• **LISTED ENTRIES**
=== Section Start ===

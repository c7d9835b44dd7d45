//! The variables in the arguments of a field or a directive, where a type is expected.

ghost use Rattle.std.specs.Prelude.{◌≡◌, OnOk, option_copied};
ghost use Rattle.std.specs.List.{flat_map};
ghost use Rattle.rules_positions.specs.RecordedUses.{with_uses};
ghost use Rattle.rules_specified_uses.specs.ValueUses.{use_values};
ghost use Rattle.rules_specified_positions.specs.PlacedUses.{argument_uses, arguments_uses};

use language::error::OutOfMemory;
use language::position::Spanning;
use language::tree::Arguments;
use language::value::InputValue;
use meta::Argument;
use rules_specified_uses::input_places::argument_place;
use rules_specified_uses::value_uses::{Uses, add_value};
use schema::model::SchemaTypeOf;
use std::alloc::Global;

// Adds the uses in an argument.
fn add_argument<'a, S, C>(
    alloc: Global,
    schema: &'a SchemaTypeOf<S, C>,
    known: Option<&'a [Argument<S>]>,
    argument: &'a (Spanning<&'a str>, Spanning<InputValue<S>>),
    uses: &mut Uses<'a>,
) -> Result<(), OutOfMemory>
    ensures { OnOk result (use_values uses.new.items
        ≡ with_uses (argument_uses schema.now (option_copied known.entry) argument.now) (use_values uses.old.items)) }
{
    let place = argument_place(known, argument.0.item);
    add_value(alloc, schema, place, &argument.1, uses)
}

// Adds the uses in each of these arguments.
fn add_each<'a, S, C>(
    alloc: Global,
    schema: &'a SchemaTypeOf<S, C>,
    known: Option<&'a [Argument<S>]>,
    arguments: &'a [(Spanning<&'a str>, Spanning<InputValue<S>>)],
    uses: &mut Uses<'a>,
) -> Result<(), OutOfMemory>
    ensures { OnOk result (use_values uses.new.items
        ≡ with_uses (flat_map (argument_uses schema.now (option_copied known.entry)) arguments.now)
        (use_values uses.old.items)) }
{
    for argument in arguments {
        add_argument(alloc, schema, known, argument, uses)?;
    }
    Ok(())
}

/// Adds the uses in the arguments of a field or a directive to the definition that began last, by the arguments that it
/// defines.
///
/// # Errors
///
/// Out of memory. Some of the uses may have been added.
pub fn add_arguments<'a, S, C>(
    alloc: Global,
    schema: &'a SchemaTypeOf<S, C>,
    known: Option<&'a [Argument<S>]>,
    written: &'a Option<Spanning<Arguments<'a, S>>>,
    uses: &mut Uses<'a>,
) -> Result<(), OutOfMemory>
    ensures { OnOk result (use_values uses.new.items
        ≡ with_uses (arguments_uses schema.now (option_copied known.entry) written.now) (use_values uses.old.items)) }
{
    match written {
        Some(list) => add_each(alloc, schema, known, list.item.items.as_slice(), uses),
        None => Ok(()),
    }
}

=== Section End ===

• **PROBLEM DESCRIPTION**
Transcribe each entry. Leave nothing out.

• **SOLUTION TO THIS TASK**
repository c7d9835b44dd7d45
//! The variables in the arguments of a field or a directive, where a type is expected.

ghost use Rattle.std.specs.Prelude.{◌≡◌, OnOk, option_copied};
ghost use Rattle.std.specs.List.{flat_map};
ghost use Rattle.rules_positions.specs.RecordedUses.{with_uses};
ghost use Rattle.rules_specified_uses.specs.ValueUses.{use_values};
ghost use Rattle.rules_specified_positions.specs.PlacedUses.{argument_uses, arguments_uses};

use language::error::OutOfMemory;
use language::position::Spanning;
use language::tree::Arguments;
use language::value::InputValue;
use meta::Argument;
use rules_specified_uses::input_places::argument_place;
use rules_specified_uses::value_uses::{Uses, add_value};
use schema::model::SchemaTypeOf;
use std::alloc::Global;

// Adds the uses in an argument.
fn add_argument<'a, S, C>(
    alloc: Global,
    schema: &'a SchemaTypeOf<S, C>,
    known: Option<&'a [Argument<S>]>,
    argument: &'a (Spanning<&'a str>, Spanning<InputValue<S>>),
    uses: &mut Uses<'a>,
) -> Result<(), OutOfMemory>
    ensures { OnOk result (use_values uses.new.items
        ≡ with_uses (argument_uses schema.now (option_copied known.entry) argument.now) (use_values uses.old.items)) }
{
    let place = argument_place(known, argument.0.item);
    add_value(alloc, schema, place, &argument.1, uses)
}

// Adds the uses in each of these arguments.
fn add_each<'a, S, C>(
    alloc: Global,
    schema: &'a SchemaTypeOf<S, C>,
    known: Option<&'a [Argument<S>]>,
    arguments: &'a [(Spanning<&'a str>, Spanning<InputValue<S>>)],
    uses: &mut Uses<'a>,
) -> Result<(), OutOfMemory>
    ensures { OnOk result (use_values uses.new.items
        ≡ with_uses (flat_map (argument_uses schema.now (option_copied known.entry)) arguments.now)
        (use_values uses.old.items)) }
{
    for argument in arguments {
        add_argument(alloc, schema, known, argument, uses)?;
    }
    Ok(())
}

/// Adds the uses in the arguments of a field or a directive to the definition that began last, by the arguments that it
/// defines.
///
/// # Errors
///
/// Out of memory. Some of the uses may have been added.
pub fn add_arguments<'a, S, C>(
    alloc: Global,
    schema: &'a SchemaTypeOf<S, C>,
    known: Option<&'a [Argument<S>]>,
    written: &'a Option<Spanning<Arguments<'a, S>>>,
    uses: &mut Uses<'a>,
) -> Result<(), OutOfMemory>
    ensures { OnOk result (use_values uses.new.items
        ≡ with_uses (arguments_uses schema.now (option_copied known.entry) written.now) (use_values uses.old.items)) }
{
    match written {
        Some(list) => add_each(alloc, schema, known, list.item.items.as_slice(), uses),
        None => Ok(()),
    }
}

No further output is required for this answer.